Work request →
An exact copy of all the data is required.

(Stored data)
//! Spans of dots.
ghost use Rattle.std.specs.Prelude.{◌≡◌, ℕ, ◌-◌, ◌/◌, ◌%◌, ◌<◌, ◌≤◌, ◌==◌, nat_lt, nat_le, ◌&&◌, length};
ghost use Rattle.vp_dots.specs.Dots.{bit, shifted, span};
ghost use Rattle.vp_dots.specs.Painting.{Painted};

use crate::Op;
use crate::single::painted_byte;

/// A byte with its bits from this one on, counted from the left.
fn bits_from(from: u8) -> u8
    requires { from < 8 }
    ensures { (k : ℕ) → k < 8 → bit result k ≡ nat_le from (7 - k) }
{
    0xff >> from
}

/// A byte with its bits before this one, counted from the left.
fn bits_before(to: u8) -> u8
    requires { to < 8 }
    ensures { (k : ℕ) → k < 8 → bit result k ≡ nat_lt (7 - k) to }
{
    !(0xff >> to)
}

/// Applies the operation to byte i of the row, if it has one, at the bits of the mask.
#[inline(always)]
pub(crate) fn paint_masked(op: Op, mask: u8, i: u64, row: &mut [u8])
    ensures { Painted op (λ d. d / 8 == i && bit mask (7 - d % 8)) row.old row.new }
{
    if i < row.len() as u64 {
        row[i as usize] = painted_byte(op, row[i as usize], mask);
    }
}

/// Applies the operation to all dots of the bytes from <= i < to.
// Inlined, so that each caller's loop knows its operation.
#[inline(always)]
fn paint_bytes(op: Op, from: usize, to: usize, row: &mut [u8])
    requires { to ≤ length row.old }
    ensures { Painted op (λ d. span from to (d / 8)) row.old row.new }
{
    for i in from..to {
        row[i] = painted_byte(op, row[i], 0xff);
    }
}

/// Applies the operation to all dots of the bytes from <= i < to, with a loop for each operation.
fn fill_bytes(op: Op, from: usize, to: usize, row: &mut [u8])
    requires { to ≤ length row.old }
    ensures { Painted op (λ d. span from to (d / 8)) row.old row.new }
{
    match op {
        Op::Black => paint_bytes(Op::Black, from, to, row),
        Op::White => paint_bytes(Op::White, from, to, row),
        Op::Flip => paint_bytes(Op::Flip, from, to, row),
    }
}

/// Applies the operation to the row's dots d with from <= d < to.
pub fn fill_dots(op: Op, from: u64, to: u64, row: &mut [u8])
    ensures { Painted op (span from to) row.old row.new }
{
    if from >= to {
        return;
    }
    let first = from / 8;
    let last = to / 8;
    let head = bits_from((from % 8) as u8);
    let tail = bits_before((to % 8) as u8);
    if first == last {
        paint_masked(op, head & tail, first, row);
        return;
    }
    paint_masked(op, head, first, row);
    let whole = last.min(row.len() as u64);
    fill_bytes(op, (first + 1) as usize, whole as usize, row);
    paint_masked(op, tail, last, row);
}

/// Applies the operation to the dots from <= x < to, moved by an offset.
pub fn fill_moved(op: Op, at: i64, from: u32, to: u32, row: &mut [u8])
    ensures { Painted op (shifted at (span from to)) row.old row.new }
{
    let far = at.unsigned_abs();
    let from = u64::from(from);
    let to = u64::from(to);
    if at >= 0 {
        fill_dots(op, from + far, to + far, row);
    } else {
        fill_dots(op, from.saturating_sub(far), to.saturating_sub(far), row);
    }
}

Answer box →
//! Spans of dots.
ghost use Rattle.std.specs.Prelude.{◌≡◌, ℕ, ◌-◌, ◌/◌, ◌%◌, ◌<◌, ◌≤◌, ◌==◌, nat_lt, nat_le, ◌&&◌, length};
ghost use Rattle.vp_dots.specs.Dots.{bit, shifted, span};
ghost use Rattle.vp_dots.specs.Painting.{Painted};

use crate::Op;
use crate::single::painted_byte;

/// A byte with its bits from this one on, counted from the left.
fn bits_from(from: u8) -> u8
    requires { from < 8 }
    ensures { (k : ℕ) → k < 8 → bit result k ≡ nat_le from (7 - k) }
{
    0xff >> from
}

/// A byte with its bits before this one, counted from the left.
fn bits_before(to: u8) -> u8
    requires { to < 8 }
    ensures { (k : ℕ) → k < 8 → bit result k ≡ nat_lt (7 - k) to }
{
    !(0xff >> to)
}

/// Applies the operation to byte i of the row, if it has one, at the bits of the mask.
#[inline(always)]
pub(crate) fn paint_masked(op: Op, mask: u8, i: u64, row: &mut [u8])
    ensures { Painted op (λ d. d / 8 == i && bit mask (7 - d % 8)) row.old row.new }
{
    if i < row.len() as u64 {
        row[i as usize] = painted_byte(op, row[i as usize], mask);
    }
}

/// Applies the operation to all dots of the bytes from <= i < to.
// Inlined, so that each caller's loop knows its operation.
#[inline(always)]
fn paint_bytes(op: Op, from: usize, to: usize, row: &mut [u8])
    requires { to ≤ length row.old }
    ensures { Painted op (λ d. span from to (d / 8)) row.old row.new }
{
    for i in from..to {
        row[i] = painted_byte(op, row[i], 0xff);
    }
}

/// Applies the operation to all dots of the bytes from <= i < to, with a loop for each operation.
fn fill_bytes(op: Op, from: usize, to: usize, row: &mut [u8])
    requires { to ≤ length row.old }
    ensures { Painted op (λ d. span from to (d / 8)) row.old row.new }
{
    match op {
        Op::Black => paint_bytes(Op::Black, from, to, row),
        Op::White => paint_bytes(Op::White, from, to, row),
        Op::Flip => paint_bytes(Op::Flip, from, to, row),
    }
}

/// Applies the operation to the row's dots d with from <= d < to.
pub fn fill_dots(op: Op, from: u64, to: u64, row: &mut [u8])
    ensures { Painted op (span from to) row.old row.new }
{
    if from >= to {
        return;
    }
    let first = from / 8;
    let last = to / 8;
    let head = bits_from((from % 8) as u8);
    let tail = bits_before((to % 8) as u8);
    if first == last {
        paint_masked(op, head & tail, first, row);
        return;
    }
    paint_masked(op, head, first, row);
    let whole = last.min(row.len() as u64);
    fill_bytes(op, (first + 1) as usize, whole as usize, row);
    paint_masked(op, tail, last, row);
}

/// Applies the operation to the dots from <= x < to, moved by an offset.
pub fn fill_moved(op: Op, at: i64, from: u32, to: u32, row: &mut [u8])
    ensures { Painted op (shifted at (span from to)) row.old row.new }
{
    let far = at.unsigned_abs();
    let from = u64::from(from);
    let to = u64::from(to);
    if at >= 0 {
        fill_dots(op, from + far, to + far, row);
    } else {
        fill_dots(op, from.saturating_sub(far), to.saturating_sub(far), row);
    }
}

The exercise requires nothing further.